- **What the task requires**
The required result is a copy of each line below in which "IsLeastBad" appears.

- **Extracted entries**
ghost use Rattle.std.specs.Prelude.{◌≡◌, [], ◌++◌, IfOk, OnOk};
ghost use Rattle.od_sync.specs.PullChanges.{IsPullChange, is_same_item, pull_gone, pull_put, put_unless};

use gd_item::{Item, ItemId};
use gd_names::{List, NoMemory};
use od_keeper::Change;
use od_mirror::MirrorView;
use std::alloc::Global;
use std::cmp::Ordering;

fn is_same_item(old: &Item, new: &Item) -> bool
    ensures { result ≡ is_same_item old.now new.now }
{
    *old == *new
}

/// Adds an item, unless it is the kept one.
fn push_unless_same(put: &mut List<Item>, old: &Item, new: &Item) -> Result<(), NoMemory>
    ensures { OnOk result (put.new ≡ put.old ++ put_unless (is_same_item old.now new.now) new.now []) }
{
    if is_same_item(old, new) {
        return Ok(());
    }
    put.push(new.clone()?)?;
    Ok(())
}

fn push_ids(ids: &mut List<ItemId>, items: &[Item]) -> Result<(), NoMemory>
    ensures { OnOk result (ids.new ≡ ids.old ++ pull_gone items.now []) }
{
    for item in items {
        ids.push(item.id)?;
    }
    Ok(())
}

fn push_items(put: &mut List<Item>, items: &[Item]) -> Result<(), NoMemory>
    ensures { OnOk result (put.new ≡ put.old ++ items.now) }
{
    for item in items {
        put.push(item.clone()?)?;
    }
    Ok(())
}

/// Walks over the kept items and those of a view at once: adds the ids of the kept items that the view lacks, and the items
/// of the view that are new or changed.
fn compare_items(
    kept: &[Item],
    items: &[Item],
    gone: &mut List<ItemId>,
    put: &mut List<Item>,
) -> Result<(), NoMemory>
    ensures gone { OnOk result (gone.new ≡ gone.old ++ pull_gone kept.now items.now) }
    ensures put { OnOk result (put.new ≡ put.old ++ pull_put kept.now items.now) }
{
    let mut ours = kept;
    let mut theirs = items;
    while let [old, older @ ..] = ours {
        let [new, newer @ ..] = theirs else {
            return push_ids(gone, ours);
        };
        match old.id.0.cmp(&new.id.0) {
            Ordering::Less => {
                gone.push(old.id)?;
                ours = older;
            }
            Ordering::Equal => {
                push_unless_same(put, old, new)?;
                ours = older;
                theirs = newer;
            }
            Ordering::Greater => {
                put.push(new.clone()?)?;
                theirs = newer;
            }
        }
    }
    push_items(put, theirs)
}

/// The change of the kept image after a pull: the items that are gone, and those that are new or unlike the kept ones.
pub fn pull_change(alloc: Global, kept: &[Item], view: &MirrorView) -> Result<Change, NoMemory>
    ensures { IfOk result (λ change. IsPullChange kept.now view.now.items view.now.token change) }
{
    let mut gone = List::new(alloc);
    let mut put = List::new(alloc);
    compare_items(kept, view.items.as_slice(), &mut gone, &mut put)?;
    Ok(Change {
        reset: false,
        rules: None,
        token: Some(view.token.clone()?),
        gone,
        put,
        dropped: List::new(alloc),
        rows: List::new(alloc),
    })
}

==

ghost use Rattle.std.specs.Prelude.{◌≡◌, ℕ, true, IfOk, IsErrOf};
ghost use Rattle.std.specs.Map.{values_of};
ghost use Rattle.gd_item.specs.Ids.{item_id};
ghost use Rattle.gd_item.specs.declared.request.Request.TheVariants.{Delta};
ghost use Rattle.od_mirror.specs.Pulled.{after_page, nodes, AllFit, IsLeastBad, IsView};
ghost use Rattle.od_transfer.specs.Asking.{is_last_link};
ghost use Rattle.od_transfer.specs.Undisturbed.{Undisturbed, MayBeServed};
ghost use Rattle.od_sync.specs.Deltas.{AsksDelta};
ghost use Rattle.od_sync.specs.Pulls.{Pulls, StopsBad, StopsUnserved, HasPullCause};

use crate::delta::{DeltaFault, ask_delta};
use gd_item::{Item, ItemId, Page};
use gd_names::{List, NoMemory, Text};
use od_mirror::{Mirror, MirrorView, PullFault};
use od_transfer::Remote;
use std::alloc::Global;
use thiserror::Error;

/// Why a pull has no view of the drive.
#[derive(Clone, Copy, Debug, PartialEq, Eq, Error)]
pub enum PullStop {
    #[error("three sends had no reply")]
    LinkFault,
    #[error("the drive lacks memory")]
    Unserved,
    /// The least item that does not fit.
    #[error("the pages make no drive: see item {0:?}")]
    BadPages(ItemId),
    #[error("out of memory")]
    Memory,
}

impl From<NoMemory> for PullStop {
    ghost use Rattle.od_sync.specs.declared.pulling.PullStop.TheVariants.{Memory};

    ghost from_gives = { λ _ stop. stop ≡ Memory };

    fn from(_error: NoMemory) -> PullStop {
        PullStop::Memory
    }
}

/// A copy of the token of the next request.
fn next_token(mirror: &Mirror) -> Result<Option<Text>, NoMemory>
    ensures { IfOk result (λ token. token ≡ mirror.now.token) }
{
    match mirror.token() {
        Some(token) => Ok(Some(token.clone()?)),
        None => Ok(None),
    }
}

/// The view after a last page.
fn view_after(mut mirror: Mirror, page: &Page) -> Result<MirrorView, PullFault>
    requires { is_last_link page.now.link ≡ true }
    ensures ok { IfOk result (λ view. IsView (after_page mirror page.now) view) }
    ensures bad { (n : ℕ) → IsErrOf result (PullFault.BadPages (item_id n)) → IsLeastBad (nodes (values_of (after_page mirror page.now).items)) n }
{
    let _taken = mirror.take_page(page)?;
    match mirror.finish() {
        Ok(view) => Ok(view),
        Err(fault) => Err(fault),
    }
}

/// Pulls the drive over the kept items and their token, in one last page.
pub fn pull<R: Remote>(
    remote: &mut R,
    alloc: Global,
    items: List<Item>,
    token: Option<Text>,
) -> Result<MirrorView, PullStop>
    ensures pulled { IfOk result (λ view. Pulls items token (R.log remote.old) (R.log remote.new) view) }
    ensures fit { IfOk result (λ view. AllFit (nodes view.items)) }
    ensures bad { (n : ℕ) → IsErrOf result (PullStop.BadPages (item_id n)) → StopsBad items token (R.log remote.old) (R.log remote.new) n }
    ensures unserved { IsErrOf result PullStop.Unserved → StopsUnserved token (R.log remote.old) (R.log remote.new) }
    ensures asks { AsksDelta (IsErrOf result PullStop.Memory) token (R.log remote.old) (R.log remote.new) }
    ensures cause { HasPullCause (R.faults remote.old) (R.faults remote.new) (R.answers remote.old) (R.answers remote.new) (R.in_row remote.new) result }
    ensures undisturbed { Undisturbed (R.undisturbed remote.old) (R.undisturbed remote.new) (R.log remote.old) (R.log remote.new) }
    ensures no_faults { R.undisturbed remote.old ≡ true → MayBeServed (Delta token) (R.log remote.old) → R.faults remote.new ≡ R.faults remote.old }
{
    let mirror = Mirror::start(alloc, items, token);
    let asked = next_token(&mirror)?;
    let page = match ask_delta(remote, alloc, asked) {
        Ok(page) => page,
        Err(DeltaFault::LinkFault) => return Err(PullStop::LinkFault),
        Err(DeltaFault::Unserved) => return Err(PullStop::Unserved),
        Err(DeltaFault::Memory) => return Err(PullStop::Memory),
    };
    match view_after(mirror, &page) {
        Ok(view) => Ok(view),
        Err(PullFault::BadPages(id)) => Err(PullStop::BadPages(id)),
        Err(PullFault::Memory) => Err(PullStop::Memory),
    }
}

---

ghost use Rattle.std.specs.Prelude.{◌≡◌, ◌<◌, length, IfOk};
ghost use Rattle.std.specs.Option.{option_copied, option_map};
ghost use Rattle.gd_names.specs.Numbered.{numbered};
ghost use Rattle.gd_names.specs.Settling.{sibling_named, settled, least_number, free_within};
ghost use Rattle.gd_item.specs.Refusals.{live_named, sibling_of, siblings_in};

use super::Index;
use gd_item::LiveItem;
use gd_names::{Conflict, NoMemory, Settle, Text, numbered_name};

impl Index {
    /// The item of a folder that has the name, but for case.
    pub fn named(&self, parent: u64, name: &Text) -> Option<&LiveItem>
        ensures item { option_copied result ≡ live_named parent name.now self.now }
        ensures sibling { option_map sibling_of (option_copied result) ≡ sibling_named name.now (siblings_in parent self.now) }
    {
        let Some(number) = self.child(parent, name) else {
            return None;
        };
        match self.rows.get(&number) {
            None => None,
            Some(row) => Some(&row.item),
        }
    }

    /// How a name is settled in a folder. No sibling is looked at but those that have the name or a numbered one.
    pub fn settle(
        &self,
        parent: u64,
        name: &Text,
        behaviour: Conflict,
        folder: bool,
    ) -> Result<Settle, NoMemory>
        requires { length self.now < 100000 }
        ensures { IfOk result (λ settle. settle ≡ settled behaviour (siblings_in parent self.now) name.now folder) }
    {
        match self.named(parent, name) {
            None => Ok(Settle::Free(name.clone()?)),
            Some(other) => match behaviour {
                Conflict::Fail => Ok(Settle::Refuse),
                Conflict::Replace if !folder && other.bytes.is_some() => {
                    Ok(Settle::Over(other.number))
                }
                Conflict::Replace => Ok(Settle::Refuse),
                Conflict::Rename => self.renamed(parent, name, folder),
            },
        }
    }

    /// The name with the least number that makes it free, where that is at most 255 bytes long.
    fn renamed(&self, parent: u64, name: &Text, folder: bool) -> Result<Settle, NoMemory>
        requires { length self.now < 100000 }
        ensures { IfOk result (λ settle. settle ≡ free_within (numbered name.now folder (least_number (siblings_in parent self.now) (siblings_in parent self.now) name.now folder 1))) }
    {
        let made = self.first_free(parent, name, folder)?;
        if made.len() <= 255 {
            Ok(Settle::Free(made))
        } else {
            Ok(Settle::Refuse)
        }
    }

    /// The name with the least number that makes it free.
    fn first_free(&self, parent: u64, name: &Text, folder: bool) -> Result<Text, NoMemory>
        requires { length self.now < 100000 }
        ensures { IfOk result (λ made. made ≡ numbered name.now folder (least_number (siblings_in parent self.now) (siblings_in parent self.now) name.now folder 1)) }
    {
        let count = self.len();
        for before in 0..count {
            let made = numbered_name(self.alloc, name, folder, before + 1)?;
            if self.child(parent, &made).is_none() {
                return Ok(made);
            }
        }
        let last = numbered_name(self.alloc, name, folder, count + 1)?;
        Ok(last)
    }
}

- **Your solution**
ghost use Rattle.od_mirror.specs.Pulled.{after_page, nodes, AllFit, IsLeastBad, IsView};
    ensures bad { (n : ℕ) → IsErrOf result (PullFault.BadPages (item_id n)) → IsLeastBad (nodes (values_of (after_page mirror page.now).items)) n }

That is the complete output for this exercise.